* WHAT YOU WILL DO:
Copy each line of the entries that contains the word "true".

━━━━━━━━━━━━━━━━

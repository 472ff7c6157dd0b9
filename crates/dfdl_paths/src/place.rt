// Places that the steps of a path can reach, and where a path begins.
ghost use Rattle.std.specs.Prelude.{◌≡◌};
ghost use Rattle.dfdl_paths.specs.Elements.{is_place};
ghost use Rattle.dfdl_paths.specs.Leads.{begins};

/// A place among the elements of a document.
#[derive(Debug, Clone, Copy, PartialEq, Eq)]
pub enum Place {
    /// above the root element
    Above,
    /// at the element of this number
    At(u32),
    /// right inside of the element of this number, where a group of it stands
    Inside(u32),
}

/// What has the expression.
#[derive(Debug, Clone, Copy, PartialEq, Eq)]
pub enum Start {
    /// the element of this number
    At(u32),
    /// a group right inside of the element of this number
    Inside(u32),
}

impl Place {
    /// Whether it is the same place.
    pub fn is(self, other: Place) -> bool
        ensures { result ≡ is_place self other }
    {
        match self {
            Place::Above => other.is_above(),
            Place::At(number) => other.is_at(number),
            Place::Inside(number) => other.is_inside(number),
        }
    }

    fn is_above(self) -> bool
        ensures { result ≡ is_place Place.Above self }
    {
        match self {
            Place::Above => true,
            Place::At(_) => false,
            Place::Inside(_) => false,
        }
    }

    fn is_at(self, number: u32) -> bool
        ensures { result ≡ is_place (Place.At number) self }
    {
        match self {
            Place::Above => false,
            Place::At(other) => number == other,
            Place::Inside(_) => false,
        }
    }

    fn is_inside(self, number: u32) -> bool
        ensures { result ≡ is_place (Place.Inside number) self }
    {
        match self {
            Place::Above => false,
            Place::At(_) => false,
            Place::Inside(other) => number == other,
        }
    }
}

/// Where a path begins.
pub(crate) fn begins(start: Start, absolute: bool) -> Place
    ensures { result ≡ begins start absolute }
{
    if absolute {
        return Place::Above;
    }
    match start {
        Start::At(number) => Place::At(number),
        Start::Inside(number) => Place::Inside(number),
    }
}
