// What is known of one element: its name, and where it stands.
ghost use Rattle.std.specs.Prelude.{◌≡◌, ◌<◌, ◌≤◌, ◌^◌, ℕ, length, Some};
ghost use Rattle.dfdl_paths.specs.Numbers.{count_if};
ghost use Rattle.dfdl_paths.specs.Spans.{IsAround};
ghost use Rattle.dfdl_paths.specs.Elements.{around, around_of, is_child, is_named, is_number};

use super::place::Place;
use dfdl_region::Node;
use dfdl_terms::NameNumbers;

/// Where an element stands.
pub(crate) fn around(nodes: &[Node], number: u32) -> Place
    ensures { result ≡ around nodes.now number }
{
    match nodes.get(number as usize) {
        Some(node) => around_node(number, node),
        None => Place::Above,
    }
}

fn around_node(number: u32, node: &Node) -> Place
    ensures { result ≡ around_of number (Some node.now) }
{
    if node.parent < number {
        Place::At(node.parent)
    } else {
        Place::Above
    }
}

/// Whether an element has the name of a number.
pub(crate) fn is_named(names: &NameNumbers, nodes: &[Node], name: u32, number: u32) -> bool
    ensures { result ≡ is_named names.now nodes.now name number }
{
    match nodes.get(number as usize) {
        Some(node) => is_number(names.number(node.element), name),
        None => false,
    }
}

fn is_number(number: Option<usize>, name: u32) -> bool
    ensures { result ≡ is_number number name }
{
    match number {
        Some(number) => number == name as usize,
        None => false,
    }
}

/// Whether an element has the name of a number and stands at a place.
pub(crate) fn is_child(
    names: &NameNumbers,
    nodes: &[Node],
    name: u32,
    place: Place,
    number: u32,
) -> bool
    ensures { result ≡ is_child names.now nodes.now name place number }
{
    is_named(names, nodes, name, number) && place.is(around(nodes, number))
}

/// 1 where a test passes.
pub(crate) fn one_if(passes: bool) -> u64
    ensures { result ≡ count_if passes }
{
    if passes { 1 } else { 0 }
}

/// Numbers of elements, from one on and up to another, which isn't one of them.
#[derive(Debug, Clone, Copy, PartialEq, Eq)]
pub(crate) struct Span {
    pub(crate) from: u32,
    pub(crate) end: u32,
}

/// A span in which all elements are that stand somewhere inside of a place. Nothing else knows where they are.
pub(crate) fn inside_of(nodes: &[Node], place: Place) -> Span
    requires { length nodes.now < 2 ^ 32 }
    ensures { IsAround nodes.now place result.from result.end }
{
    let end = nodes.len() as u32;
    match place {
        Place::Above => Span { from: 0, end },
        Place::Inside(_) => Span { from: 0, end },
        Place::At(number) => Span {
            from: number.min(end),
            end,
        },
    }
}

━━━━━━━━━━━━━━━━

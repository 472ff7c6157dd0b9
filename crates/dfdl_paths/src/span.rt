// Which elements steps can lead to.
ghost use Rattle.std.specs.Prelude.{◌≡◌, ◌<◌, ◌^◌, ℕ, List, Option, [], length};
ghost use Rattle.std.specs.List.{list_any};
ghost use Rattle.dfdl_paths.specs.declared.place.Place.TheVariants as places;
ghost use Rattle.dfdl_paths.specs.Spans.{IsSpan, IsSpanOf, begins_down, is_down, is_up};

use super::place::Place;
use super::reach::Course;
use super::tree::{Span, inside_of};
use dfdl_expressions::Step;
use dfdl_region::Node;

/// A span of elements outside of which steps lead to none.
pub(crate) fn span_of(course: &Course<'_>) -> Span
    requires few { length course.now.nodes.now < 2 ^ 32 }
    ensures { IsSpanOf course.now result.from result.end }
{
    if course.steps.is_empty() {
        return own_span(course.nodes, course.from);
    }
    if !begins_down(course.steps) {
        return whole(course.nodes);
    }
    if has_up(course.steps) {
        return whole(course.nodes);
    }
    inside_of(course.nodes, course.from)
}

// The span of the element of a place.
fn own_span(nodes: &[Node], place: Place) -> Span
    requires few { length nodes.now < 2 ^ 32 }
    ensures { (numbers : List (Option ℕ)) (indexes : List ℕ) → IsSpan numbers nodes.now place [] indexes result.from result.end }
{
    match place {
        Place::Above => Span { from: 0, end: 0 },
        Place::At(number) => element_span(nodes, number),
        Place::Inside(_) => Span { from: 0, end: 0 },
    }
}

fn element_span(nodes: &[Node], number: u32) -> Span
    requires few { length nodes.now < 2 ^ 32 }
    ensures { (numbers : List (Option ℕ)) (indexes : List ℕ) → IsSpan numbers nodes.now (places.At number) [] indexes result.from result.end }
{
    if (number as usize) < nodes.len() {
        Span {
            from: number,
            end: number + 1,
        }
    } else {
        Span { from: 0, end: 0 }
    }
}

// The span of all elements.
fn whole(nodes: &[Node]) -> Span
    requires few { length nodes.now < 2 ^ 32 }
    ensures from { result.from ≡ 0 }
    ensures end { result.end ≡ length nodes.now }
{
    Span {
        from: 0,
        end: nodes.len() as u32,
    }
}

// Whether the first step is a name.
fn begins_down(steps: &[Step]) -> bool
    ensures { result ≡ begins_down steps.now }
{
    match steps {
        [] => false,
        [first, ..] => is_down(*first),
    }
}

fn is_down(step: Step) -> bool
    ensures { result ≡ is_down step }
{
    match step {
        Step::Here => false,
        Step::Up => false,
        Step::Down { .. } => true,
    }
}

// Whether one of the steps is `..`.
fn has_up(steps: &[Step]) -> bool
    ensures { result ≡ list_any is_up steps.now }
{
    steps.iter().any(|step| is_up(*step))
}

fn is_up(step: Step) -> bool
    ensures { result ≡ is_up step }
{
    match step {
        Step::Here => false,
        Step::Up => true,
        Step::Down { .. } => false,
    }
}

━━━━━━━━━━━━━━━━

* WRITTEN SOLUTION:
            Place::Above => true,
        Step::Down { .. } => true,
        Step::Up => true,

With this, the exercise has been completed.